Soft Constraints

Constraints should be treated as soft constraints [1] when:

  • violating the constraint is undesirable but not catastrophic, or

  • satisfying the constraint is actually infeasible.

LP3 [MO-MPO-D] can solve problems with soft constraints, by finding a set of Pareto optimal policies that violate the constraints up to X% of the time. This set will contain:

  • policies that achieve higher task reward by violating the constraint occasionally, and

  • policies with zero constraint violation, if the constraint is feasible.

[1] Calian et al. Balancing Constraints and Rewards with Meta-Gradient D4PG. ICLR 2021.

LP3 [MO-MPO-D] outperforms the state-of-the-art approach (MetaL) on tasks with soft constraints.

Across all four tasks, LP3 [MO-MPO-D] policies obtain the highest task reward and lowest cost.

When it is possible to meet the constraint (i.e., for quadruped), LP3 [MO-MPO-D] is the only algorithm to find constraint-satisfying policies.

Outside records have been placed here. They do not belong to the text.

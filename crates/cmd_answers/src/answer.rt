//! The last text that a program writes, and its status (docs/guide/command-line.md).
ghost use Rattle.std.specs.Prelude.{◌++◌};
ghost use Rattle.cmd_answers.specs.Files.{missing_line, too_long_line};
ghost use Rattle.cmd_answers.specs.Writes.{Answers};
ghost use Rattle.cmd_answers.specs.declared.status.TheConstants.{FILE_UNAVAILABLE};

use crate::status::FILE_UNAVAILABLE;
use crate::stop::Stop;
use eh_port::{Sink, put_all};

/// Writes this text and returns this status, or the stop of a failed write.
pub fn answer_text<O: Sink>(out: &mut O, text: &[u8], status: u8) -> Result<u8, Stop>
    ensures { Answers text.now status result (O.written out.old) (O.written out.new) (O.faults out.old) (O.faults out.new) }
{
    match put_all(out, text) {
        Ok(()) => Ok(status),
        Err(_) => Err(Stop::Write),
    }
}

/// Writes these two texts and returns this status, or the stop of a failed write.
pub fn answer_both<O: Sink>(
    out: &mut O,
    first: &[u8],
    second: &[u8],
    status: u8,
) -> Result<u8, Stop>
    ensures { Answers (first.now ++ second.now) status result (O.written out.old) (O.written out.new) (O.faults out.old) (O.faults out.new) }
{
    match put_all(out, first) {
        Ok(()) => answer_text(out, second, status),
        Err(_) => Err(Stop::Write),
    }
}

/// Writes these three texts and returns this status, or the stop of a failed write.
pub fn answer_three<O: Sink>(
    out: &mut O,
    first: &[u8],
    second: &[u8],
    third: &[u8],
    status: u8,
) -> Result<u8, Stop>
    ensures { Answers (first.now ++ (second.now ++ third.now)) status result (O.written out.old) (O.written out.new) (O.faults out.old) (O.faults out.new) }
{
    match put_all(out, first) {
        Ok(()) => answer_both(out, second, third, status),
        Err(_) => Err(Stop::Write),
    }
}

/// Writes the line of a missing file and returns its status.
pub fn answer_missing<O: Sink>(out: &mut O, name: &str) -> Result<u8, Stop>
    ensures { Answers (missing_line name.now) FILE_UNAVAILABLE result (O.written out.old) (O.written out.new) (O.faults out.old) (O.faults out.new) }
{
    answer_both(out, name.as_bytes(), b": missing\n", FILE_UNAVAILABLE)
}

/// Writes the line of a file that is too long and returns its status.
pub fn answer_too_long<O: Sink>(out: &mut O, name: &str) -> Result<u8, Stop>
    ensures { Answers (too_long_line name.now) FILE_UNAVAILABLE result (O.written out.old) (O.written out.new) (O.faults out.old) (O.faults out.new) }
{
    answer_both(out, name.as_bytes(), b": too long\n", FILE_UNAVAILABLE)
}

Below are examples of policies found by LP3 [MO-MPO-D].

Cartpole balance: constraint on angular velocity of pole when it is near the top

LP3 [MO-MPO-D] policies solve the task near-perfectly, with minimal constraint violation (that is better than that of all baselines).

Walker walk: joint velocity constraint

LP3 [MO-MPO-D] policies discover different walking styles, with minimal constraint violation.

Videos are from different random seeds.

Quadruped walk: joint angle constraint

LP3 [MO-MPO-D] policies discover shuffling styles with zero constraint violation. No baselines are able to find constraint-satisfying policies.

Videos are from different random seeds.

Humanoid walk: joint angle constraint

LP3 [MO-MPO-D] policies discover walking styles that keep all joint angles at near-zero. The constraint violation is less than that of all baselines.

Videos are from different random seeds.